Previous studies have reported the establishment of prediction models using Fuhrman nuclear grading as a reference standard, but there were few studies using ISUP/WHO as a reference standard. In Ding J et al³⁰ study, the AUC of the prediction model based on tumors 2D texture features of corticomedullary and nephrographic phases was higher than that based on non-texture features. The results of our study were similar. A study by Shu j et al³¹ showed that there was no significant difference in AUC between the two predictive models constructed by nephrographic and medullary radiomics. The combined model of two phases had the highest differential diagnostic efficiency (AUC: 0.822 (95% CI: 0.769–0.866), but there was no significant difference with nephrographic phase. The Fuhrman classification of ccRCC predicted by Lin et al³² using decision tree showed that AUC in the corticomedullary phase and nephrographic phase was the largest (0.87) in unenhanced combined with enhanced scans. The AUC for the unenhanced, corticomedullary phase and nephrographic phase was 082, 0.80 and 0.84, respectively. The research results of He et al³³ based on 2D-ROI to predict ISUP/WHO grade showed that AUC, a combined model of conventional CECT features and nephrographic texture features, reached a maximum of 0.986. However, corticomedullary phase or nephrographic phase alone could achieve a higher diagnostic efficiency (AUC 0.975 and 0.963, respectively). In another study of He et al,³⁴ artificial neural networks were used to model the same samples. Their results showed that the combined model of conventional CECT features and nephrographic texture features still had the highest accuracy (94.06%), and the accuracy of corticomedullary phase or nephrographic phase alone was more than 90%. It showed that the single-phase prediction model based on radiomics could provide high diagnostic efficiency.

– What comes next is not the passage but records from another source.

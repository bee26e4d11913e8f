//! Why an instruction has no result on a stack.

use crate::entries::StackEntry;
use cil_model::memory::NoMemory;
use resolved_code::types::ResolvedType;

/// Why an instruction is not allowed on a stack (ECMA-335 III.1.8 and the verifiability parts of III.3 and III.4).
#[derive(Clone, Copy)]
pub enum Mismatch {
    /// The stack holds fewer operands than the instruction takes.
    OperandMissing,
    /// The instruction takes no operand of this type.
    OperandType(StackEntry),
    /// The instruction takes no two operands of these types together.
    OperandTypes(StackEntry, StackEntry),
    /// The first can't be given where the second is expected.
    NotAssignable(StackEntry, ResolvedType),
    /// The method has no argument or no local of this number.
    NoSuchVariable(i64),
    /// `castclass` and `isinst` take no such type.
    NoReference(ResolvedType),
    /// The code names a member that is not there.
    NoSuchMember,
    /// `call` of a method without code of the class with this number.
    AbstractMethod(usize),
    /// `newobj` of the abstract class with this number.
    AbstractClass(usize),
    /// `ret` leaves this below what it returns.
    LeftOnStack(StackEntry),
}

/// Why there is no stack after an instruction.
#[derive(Clone, Copy)]
pub enum FlowError {
    Mismatch(Mismatch),
    OutOfMemory,
}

There are also some limitations in our study: a. Although all patients in this study chose fixed contrast agent concentration, scanning protocol and image reconstruction parameters, the volume of contrast agent was calculated according to the patient's body weight, so the effect of individual circulation difference on renal perfusion was not eliminated. b. The radiomics of medullary and excretory phase images was not analyzed in this study because of the enhancement characteristics of ccRCC, unclear demarcation between the medullary and excretory phases of tumors and normal renal parenchyma, and the presence of contrast agents in the calyx and pelvis of patients during excretory phase. VOI mapping was easily affected in some tumors closely related to the calyx and pelvis. The final results also showed that the radiomics prediction model of corticomedullary phase image alone could achieve high diagnostic efficiency in differentiating high and low differentiation of ccRCC. c. In our study, 10 cases of ccRCC with difficult boundary delineation were excluded. Most of these cases were high-grade ccRCC. These tumors often exhibited biological behavior of invasive growth. At the same time, the number of fourth-grade ccRCC in this study was too small. Therefore, there was bias in this study. d. In this study, some patients were graded according to percutaneous biopsy specimens. ISUP/WHO grading is usually used to diagnose surgical specimens. Although percutaneous biopsy can also be used to assess nuclear grading, small biopsy tissues and tumors heterogeneity still challenges the accurate grading of tumors.^35,36

In conclusion, as a non-invasive analysis method, the CT radiomics prediction model in the corticomedullary phase in contrast enhanced scanning is more effective than conventional CECT in predicting the ISUP/WHO grade of ccRCC, which may provide a reference for the prognosis of patients.